Aim of the task — Could each entry below be printed again exactly as given?

Input below:

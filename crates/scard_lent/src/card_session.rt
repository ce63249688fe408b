//! The session of a card, step by step (ISO/IEC 7816-3, clause 11). The caller keeps the state, and passes it and the
//! buffers to each call. It says what happened on the line, or what the card's host says, one event a call, and each call
//! returns the one thing to do next.

ghost use Rattle.t1_core.specs.Card.{replies, more_time, ask_ifs};
ghost use Rattle.c_lent.specs.Lent.{lent};
ghost use Rattle.c_lent.specs.Session.{CardSessionBegun, CardSessionServes, CardSessionCalled, CardSessionStepped};

use c_lent::card_session::CCardSession;
use c_lent::session_next::CSessionNext;
use c_lent::verdict::Verdict;
use session_core::Setup;

/// Begins a session at a reset of the card, as `scard_lent_session_begin` begins one of a terminal.
#[unsafe(no_mangle)]
pub extern "C" fn scard_lent_card_session_begin(
    session: &mut CCardSession,
    command: &mut [u8],
    reply: &mut [u8],
    setup: &Setup,
) -> Verdict
    ensures { CardSessionBegun setup.now (lent session.old command.old reply.old)
        (lent session.new command.new reply.new) result }
{
    c_lent::card_session::card_session_begin(session, command, reply, setup)
}

/// Begins to serve the terminal, or continues after the line failed.
#[unsafe(no_mangle)]
pub extern "C" fn scard_lent_card_session_serve(
    session: &mut CCardSession,
    command: &[u8],
    reply: &[u8],
    now: u64,
) -> CSessionNext
    ensures { CardSessionServes now command.now reply.now session.old session.new result }
{
    c_lent::card_session::card_session_serve(session, command, reply, now)
}

/// Takes a reply from the card's host. The reply must fit its buffer.
#[unsafe(no_mangle)]
pub extern "C" fn scard_lent_card_session_reply(
    session: &mut CCardSession,
    command: &mut [u8],
    reply: &mut [u8],
    octets: &[u8],
    now: u64,
    out: &mut [u8],
) -> CSessionNext
    ensures { CardSessionCalled (replies octets.now) now (lent session.old command.old reply.old)
        (lent session.new command.new reply.new) out.old out.new result }
{
    c_lent::card_session::card_session_reply(session, command, reply, octets, now, out)
}

/// Requests more waiting time for the card's host, any multiple of it.
#[unsafe(no_mangle)]
pub extern "C" fn scard_lent_card_session_more_time(
    session: &mut CCardSession,
    command: &mut [u8],
    reply: &mut [u8],
    multiple: u8,
    now: u64,
    out: &mut [u8],
) -> CSessionNext
    ensures { CardSessionCalled (more_time multiple) now (lent session.old command.old reply.old)
        (lent session.new command.new reply.new) out.old out.new result }
{
    c_lent::card_session::card_session_more_time(session, command, reply, multiple, now, out)
}

/// Requests that the terminal send information fields of up to `size` octets, 1 to 254.
#[unsafe(no_mangle)]
pub extern "C" fn scard_lent_card_session_ask_ifs(
    session: &mut CCardSession,
    command: &mut [u8],
    reply: &mut [u8],
    size: u8,
    now: u64,
    out: &mut [u8],
) -> CSessionNext
    ensures { CardSessionCalled (ask_ifs size) now (lent session.old command.old reply.old)
        (lent session.new command.new reply.new) out.old out.new result }
{
    c_lent::card_session::card_session_ask_ifs(session, command, reply, size, now, out)
}

/// Reports what happened on the line, by the numbers of `scard_lent_session_step`.
#[unsafe(no_mangle)]
pub extern "C" fn scard_lent_card_session_step(
    session: &mut CCardSession,
    command: &mut [u8],
    reply: &mut [u8],
    event: u8,
    octets: &[u8],
    now: u64,
    out: &mut [u8],
) -> CSessionNext
    ensures { CardSessionStepped event octets.now now (lent session.old command.old reply.old)
        (lent session.new command.new reply.new) out.old out.new result }
{
    c_lent::card_session::card_session_step(session, command, reply, event, octets, now, out)
}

End of Input.

Answer section —
filename crates/scard_lent/src/card_session.rt
repository ce63249688fe408b
//! The session of a card, step by step (ISO/IEC 7816-3, clause 11). The caller keeps the state, and passes it and the
//! buffers to each call. It says what happened on the line, or what the card's host says, one event a call, and each call
//! returns the one thing to do next.

ghost use Rattle.t1_core.specs.Card.{replies, more_time, ask_ifs};
ghost use Rattle.c_lent.specs.Lent.{lent};
ghost use Rattle.c_lent.specs.Session.{CardSessionBegun, CardSessionServes, CardSessionCalled, CardSessionStepped};

use c_lent::card_session::CCardSession;
use c_lent::session_next::CSessionNext;
use c_lent::verdict::Verdict;
use session_core::Setup;

/// Begins a session at a reset of the card, as `scard_lent_session_begin` begins one of a terminal.
#[unsafe(no_mangle)]
pub extern "C" fn scard_lent_card_session_begin(
    session: &mut CCardSession,
    command: &mut [u8],
    reply: &mut [u8],
    setup: &Setup,
) -> Verdict
    ensures { CardSessionBegun setup.now (lent session.old command.old reply.old)
        (lent session.new command.new reply.new) result }
{
    c_lent::card_session::card_session_begin(session, command, reply, setup)
}

/// Begins to serve the terminal, or continues after the line failed.
#[unsafe(no_mangle)]
pub extern "C" fn scard_lent_card_session_serve(
    session: &mut CCardSession,
    command: &[u8],
    reply: &[u8],
    now: u64,
) -> CSessionNext
    ensures { CardSessionServes now command.now reply.now session.old session.new result }
{
    c_lent::card_session::card_session_serve(session, command, reply, now)
}

/// Takes a reply from the card's host. The reply must fit its buffer.
#[unsafe(no_mangle)]
pub extern "C" fn scard_lent_card_session_reply(
    session: &mut CCardSession,
    command: &mut [u8],
    reply: &mut [u8],
    octets: &[u8],
    now: u64,
    out: &mut [u8],
) -> CSessionNext
    ensures { CardSessionCalled (replies octets.now) now (lent session.old command.old reply.old)
        (lent session.new command.new reply.new) out.old out.new result }
{
    c_lent::card_session::card_session_reply(session, command, reply, octets, now, out)
}

/// Requests more waiting time for the card's host, any multiple of it.
#[unsafe(no_mangle)]
pub extern "C" fn scard_lent_card_session_more_time(
    session: &mut CCardSession,
    command: &mut [u8],
    reply: &mut [u8],
    multiple: u8,
    now: u64,
    out: &mut [u8],
) -> CSessionNext
    ensures { CardSessionCalled (more_time multiple) now (lent session.old command.old reply.old)
        (lent session.new command.new reply.new) out.old out.new result }
{
    c_lent::card_session::card_session_more_time(session, command, reply, multiple, now, out)
}

/// Requests that the terminal send information fields of up to `size` octets, 1 to 254.
#[unsafe(no_mangle)]
pub extern "C" fn scard_lent_card_session_ask_ifs(
    session: &mut CCardSession,
    command: &mut [u8],
    reply: &mut [u8],
    size: u8,
    now: u64,
    out: &mut [u8],
) -> CSessionNext
    ensures { CardSessionCalled (ask_ifs size) now (lent session.old command.old reply.old)
        (lent session.new command.new reply.new) out.old out.new result }
{
    c_lent::card_session::card_session_ask_ifs(session, command, reply, size, now, out)
}

/// Reports what happened on the line, by the numbers of `scard_lent_session_step`.
#[unsafe(no_mangle)]
pub extern "C" fn scard_lent_card_session_step(
    session: &mut CCardSession,
    command: &mut [u8],
    reply: &mut [u8],
    event: u8,
    octets: &[u8],
    now: u64,
    out: &mut [u8],
) -> CSessionNext
    ensures { CardSessionStepped event octets.now now (lent session.old command.old reply.old)
        (lent session.new command.new reply.new) out.old out.new result }
{
    c_lent::card_session::card_session_step(session, command, reply, event, octets, now, out)
}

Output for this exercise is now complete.